Extracted data entries:
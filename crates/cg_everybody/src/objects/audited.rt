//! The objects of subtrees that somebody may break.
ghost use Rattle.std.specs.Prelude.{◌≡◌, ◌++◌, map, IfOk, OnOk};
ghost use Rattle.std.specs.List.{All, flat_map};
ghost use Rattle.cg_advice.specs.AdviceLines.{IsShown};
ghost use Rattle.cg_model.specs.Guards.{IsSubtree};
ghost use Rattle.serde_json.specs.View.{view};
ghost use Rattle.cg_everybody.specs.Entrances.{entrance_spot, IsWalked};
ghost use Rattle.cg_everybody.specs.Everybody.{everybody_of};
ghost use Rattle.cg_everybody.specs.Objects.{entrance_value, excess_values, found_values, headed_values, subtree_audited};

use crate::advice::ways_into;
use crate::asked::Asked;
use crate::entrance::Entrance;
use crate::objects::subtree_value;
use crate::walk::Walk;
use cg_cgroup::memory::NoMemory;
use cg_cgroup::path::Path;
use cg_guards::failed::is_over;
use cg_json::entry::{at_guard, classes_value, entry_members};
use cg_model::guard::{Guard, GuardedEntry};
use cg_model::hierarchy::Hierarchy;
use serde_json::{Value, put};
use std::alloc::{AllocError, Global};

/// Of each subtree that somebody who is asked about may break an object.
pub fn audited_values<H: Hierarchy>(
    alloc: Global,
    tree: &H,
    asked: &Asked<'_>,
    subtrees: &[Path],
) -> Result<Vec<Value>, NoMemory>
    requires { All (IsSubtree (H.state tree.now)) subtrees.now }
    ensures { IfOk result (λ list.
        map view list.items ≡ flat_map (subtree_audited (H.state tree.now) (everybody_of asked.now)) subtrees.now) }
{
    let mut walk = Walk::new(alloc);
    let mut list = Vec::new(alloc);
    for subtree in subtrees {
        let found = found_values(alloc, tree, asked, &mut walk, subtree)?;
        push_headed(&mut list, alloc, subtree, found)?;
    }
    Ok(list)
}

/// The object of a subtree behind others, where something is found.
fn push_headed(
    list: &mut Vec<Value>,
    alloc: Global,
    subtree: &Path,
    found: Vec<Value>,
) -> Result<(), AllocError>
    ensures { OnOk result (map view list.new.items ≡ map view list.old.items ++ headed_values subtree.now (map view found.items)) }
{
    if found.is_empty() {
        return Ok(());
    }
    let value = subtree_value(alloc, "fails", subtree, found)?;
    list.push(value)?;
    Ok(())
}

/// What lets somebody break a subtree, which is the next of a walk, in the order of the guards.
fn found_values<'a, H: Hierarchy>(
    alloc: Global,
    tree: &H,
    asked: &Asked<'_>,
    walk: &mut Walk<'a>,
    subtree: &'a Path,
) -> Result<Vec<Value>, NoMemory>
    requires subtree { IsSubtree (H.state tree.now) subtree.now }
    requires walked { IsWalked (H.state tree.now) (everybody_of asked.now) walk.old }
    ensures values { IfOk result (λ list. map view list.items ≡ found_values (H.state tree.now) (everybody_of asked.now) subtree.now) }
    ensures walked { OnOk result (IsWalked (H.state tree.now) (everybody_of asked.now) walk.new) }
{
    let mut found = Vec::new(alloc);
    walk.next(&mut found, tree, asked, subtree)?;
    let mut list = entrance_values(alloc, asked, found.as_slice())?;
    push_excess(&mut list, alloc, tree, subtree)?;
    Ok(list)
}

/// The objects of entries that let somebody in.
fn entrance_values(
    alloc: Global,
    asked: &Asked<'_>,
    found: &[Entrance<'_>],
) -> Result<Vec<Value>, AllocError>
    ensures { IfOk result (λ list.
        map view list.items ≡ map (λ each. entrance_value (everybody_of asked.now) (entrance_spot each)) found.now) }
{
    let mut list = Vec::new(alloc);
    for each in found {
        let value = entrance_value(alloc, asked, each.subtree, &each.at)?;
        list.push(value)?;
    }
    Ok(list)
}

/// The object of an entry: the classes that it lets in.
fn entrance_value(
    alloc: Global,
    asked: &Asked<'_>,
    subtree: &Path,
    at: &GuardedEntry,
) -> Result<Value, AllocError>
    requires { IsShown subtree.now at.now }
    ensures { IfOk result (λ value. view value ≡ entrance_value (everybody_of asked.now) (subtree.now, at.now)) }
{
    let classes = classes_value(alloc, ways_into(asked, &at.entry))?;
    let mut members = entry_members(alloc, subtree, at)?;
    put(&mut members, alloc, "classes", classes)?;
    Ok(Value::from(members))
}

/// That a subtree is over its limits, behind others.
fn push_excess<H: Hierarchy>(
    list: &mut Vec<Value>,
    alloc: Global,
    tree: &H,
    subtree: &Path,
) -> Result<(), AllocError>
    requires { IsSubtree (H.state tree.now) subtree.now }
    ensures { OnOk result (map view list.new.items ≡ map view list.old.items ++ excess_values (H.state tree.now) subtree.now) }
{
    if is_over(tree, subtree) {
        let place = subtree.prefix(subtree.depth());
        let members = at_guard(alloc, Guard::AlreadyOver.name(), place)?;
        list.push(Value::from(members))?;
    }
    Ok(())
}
--
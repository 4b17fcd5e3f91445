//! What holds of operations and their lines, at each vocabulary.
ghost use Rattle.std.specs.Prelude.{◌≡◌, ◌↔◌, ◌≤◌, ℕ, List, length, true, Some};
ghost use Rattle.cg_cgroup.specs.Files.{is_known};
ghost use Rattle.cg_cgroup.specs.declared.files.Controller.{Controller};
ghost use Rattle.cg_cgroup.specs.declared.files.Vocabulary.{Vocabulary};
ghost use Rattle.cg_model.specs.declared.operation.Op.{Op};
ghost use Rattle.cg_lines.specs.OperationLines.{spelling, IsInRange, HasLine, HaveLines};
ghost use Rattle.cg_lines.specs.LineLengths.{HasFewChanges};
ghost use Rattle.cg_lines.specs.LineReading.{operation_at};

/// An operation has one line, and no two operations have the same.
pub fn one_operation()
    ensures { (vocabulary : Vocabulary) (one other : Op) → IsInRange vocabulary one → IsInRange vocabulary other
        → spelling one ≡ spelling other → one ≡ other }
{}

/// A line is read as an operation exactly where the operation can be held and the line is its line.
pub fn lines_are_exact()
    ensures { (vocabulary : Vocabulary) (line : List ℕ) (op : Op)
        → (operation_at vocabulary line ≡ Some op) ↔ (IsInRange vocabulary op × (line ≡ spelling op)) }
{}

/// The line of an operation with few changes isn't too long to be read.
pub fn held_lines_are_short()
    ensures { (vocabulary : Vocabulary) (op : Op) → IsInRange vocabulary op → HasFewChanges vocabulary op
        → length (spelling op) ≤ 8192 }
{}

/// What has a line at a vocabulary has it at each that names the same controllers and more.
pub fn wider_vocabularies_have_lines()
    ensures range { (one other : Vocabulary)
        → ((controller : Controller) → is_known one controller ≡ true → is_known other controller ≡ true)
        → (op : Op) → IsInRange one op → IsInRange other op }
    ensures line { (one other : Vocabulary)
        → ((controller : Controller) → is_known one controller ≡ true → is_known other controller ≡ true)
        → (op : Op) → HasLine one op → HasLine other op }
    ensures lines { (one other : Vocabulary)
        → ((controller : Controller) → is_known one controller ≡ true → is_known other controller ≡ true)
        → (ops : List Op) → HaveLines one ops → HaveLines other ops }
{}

WORK INSTRUCTION
Lines containing the string "AllocError" are the ones to copy from the entries above.

RESULT
use std::alloc::{AllocError, Global};
) -> Result<(), AllocError>
) -> Result<Vec<Value>, AllocError>
) -> Result<Value, AllocError>
) -> Result<(), AllocError>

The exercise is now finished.